> _EXERCISE_
Could you count the lines in the listing that include the word "OnOk"? Give only the number.

> _DATA RECORDS_
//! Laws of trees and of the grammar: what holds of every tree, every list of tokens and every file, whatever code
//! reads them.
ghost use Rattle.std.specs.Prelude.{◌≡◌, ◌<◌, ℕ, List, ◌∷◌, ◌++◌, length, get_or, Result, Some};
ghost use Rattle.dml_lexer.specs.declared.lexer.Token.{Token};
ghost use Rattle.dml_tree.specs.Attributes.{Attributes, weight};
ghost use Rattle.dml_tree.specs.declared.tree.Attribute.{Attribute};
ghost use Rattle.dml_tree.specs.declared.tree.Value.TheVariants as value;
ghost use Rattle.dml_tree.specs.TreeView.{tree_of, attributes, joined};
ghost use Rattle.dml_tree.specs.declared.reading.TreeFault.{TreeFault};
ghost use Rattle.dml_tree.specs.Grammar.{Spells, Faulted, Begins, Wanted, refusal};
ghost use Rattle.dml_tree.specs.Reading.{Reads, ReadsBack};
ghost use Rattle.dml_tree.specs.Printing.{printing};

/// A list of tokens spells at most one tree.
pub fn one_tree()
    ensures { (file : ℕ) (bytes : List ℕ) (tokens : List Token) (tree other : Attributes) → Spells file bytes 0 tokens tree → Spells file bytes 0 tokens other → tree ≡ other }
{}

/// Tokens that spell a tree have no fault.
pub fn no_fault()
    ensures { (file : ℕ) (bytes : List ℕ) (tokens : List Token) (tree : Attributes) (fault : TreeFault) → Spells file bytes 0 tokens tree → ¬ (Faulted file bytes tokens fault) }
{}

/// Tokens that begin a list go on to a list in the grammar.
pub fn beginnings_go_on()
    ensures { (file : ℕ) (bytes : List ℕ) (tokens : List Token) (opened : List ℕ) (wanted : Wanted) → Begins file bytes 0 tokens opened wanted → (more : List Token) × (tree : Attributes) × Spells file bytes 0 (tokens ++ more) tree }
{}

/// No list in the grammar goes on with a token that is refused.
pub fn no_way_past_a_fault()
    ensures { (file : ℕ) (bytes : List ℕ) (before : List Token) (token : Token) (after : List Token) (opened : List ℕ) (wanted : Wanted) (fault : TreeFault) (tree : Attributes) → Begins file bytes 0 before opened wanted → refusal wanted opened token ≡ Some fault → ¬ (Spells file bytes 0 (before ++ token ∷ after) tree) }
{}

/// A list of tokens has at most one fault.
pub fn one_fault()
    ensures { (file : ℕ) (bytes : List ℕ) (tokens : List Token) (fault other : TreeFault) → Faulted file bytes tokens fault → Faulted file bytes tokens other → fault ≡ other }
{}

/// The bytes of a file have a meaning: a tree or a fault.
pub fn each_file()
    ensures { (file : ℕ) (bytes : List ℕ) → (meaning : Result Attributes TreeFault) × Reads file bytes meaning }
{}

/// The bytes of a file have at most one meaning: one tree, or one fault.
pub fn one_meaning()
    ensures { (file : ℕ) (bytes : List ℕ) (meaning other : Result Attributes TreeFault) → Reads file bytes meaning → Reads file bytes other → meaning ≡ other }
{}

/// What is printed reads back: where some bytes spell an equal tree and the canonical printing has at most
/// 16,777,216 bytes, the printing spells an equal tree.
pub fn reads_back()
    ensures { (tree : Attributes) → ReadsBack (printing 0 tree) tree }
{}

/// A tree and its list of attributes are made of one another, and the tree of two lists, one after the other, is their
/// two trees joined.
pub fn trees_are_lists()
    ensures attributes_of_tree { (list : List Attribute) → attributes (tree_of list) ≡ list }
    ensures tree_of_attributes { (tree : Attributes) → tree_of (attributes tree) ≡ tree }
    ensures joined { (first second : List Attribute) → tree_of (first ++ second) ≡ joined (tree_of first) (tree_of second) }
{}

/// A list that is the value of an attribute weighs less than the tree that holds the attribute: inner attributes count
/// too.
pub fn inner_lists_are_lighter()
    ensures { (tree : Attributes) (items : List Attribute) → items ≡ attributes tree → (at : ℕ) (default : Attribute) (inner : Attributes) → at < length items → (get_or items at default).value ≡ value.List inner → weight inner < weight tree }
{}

* * *

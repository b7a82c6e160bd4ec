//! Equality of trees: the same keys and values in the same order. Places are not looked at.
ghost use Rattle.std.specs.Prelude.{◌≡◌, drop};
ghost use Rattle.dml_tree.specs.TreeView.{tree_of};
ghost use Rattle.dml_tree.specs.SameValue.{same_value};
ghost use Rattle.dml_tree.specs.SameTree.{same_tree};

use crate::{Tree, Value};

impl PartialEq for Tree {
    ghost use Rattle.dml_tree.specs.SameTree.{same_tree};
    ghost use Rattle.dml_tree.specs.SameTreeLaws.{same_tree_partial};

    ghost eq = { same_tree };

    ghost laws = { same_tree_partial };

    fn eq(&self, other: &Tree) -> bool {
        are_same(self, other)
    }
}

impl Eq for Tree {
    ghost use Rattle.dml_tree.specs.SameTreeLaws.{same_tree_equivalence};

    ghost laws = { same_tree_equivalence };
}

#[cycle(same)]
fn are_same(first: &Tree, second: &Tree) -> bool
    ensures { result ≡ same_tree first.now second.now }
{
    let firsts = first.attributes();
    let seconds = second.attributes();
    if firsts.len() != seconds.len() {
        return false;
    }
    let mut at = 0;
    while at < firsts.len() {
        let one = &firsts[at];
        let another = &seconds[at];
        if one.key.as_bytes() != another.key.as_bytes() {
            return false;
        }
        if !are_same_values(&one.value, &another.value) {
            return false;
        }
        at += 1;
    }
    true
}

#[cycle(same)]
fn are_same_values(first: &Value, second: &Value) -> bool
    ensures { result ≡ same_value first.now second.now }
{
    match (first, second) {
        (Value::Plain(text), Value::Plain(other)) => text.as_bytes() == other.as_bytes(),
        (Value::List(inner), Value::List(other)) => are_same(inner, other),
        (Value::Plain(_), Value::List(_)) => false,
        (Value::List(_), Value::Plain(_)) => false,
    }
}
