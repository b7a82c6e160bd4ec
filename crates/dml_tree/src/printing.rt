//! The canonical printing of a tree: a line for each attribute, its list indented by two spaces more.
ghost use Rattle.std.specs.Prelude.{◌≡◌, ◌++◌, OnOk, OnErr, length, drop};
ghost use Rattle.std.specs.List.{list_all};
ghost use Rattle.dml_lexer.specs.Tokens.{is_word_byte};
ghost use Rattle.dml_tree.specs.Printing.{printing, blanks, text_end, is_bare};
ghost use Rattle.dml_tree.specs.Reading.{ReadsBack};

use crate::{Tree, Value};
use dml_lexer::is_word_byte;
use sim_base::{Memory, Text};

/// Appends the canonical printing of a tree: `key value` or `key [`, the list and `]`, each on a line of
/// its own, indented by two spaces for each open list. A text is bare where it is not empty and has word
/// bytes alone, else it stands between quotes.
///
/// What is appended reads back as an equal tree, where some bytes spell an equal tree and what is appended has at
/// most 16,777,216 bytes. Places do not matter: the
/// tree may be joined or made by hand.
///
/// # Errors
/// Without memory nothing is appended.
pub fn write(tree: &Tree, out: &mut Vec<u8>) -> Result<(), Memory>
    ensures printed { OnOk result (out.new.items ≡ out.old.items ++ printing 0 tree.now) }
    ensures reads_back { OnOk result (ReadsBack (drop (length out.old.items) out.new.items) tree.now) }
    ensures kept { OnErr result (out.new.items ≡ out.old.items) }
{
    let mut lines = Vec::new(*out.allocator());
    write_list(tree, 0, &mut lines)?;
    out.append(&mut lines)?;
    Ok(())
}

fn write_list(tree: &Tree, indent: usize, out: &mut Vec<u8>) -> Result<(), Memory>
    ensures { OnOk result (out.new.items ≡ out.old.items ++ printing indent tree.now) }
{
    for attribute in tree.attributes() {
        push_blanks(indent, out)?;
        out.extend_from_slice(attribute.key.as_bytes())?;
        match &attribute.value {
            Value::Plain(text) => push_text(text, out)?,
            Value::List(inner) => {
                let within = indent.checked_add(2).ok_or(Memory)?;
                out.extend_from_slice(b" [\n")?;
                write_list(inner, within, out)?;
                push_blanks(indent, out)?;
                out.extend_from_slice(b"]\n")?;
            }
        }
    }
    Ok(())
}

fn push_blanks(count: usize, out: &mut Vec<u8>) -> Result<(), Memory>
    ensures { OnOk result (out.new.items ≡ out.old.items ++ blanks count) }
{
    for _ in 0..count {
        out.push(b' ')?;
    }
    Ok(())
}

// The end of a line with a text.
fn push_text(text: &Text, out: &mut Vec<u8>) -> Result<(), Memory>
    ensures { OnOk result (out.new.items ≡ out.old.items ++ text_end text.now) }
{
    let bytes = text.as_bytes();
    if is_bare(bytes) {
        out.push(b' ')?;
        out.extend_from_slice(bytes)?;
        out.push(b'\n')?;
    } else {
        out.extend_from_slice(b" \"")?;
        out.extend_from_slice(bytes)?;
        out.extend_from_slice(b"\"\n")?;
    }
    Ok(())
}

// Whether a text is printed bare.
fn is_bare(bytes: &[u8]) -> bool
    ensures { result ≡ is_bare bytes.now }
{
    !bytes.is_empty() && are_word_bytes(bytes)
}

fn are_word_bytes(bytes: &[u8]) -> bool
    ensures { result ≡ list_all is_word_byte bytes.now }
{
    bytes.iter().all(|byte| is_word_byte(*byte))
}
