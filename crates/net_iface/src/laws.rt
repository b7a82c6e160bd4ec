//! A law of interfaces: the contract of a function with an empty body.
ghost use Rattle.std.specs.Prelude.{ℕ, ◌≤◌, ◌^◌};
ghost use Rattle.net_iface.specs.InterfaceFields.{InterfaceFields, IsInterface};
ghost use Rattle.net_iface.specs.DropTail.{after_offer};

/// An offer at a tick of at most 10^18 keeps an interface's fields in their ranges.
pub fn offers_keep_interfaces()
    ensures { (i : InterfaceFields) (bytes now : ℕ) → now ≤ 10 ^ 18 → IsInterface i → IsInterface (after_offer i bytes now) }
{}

> _EXPECTED ANSWER_
6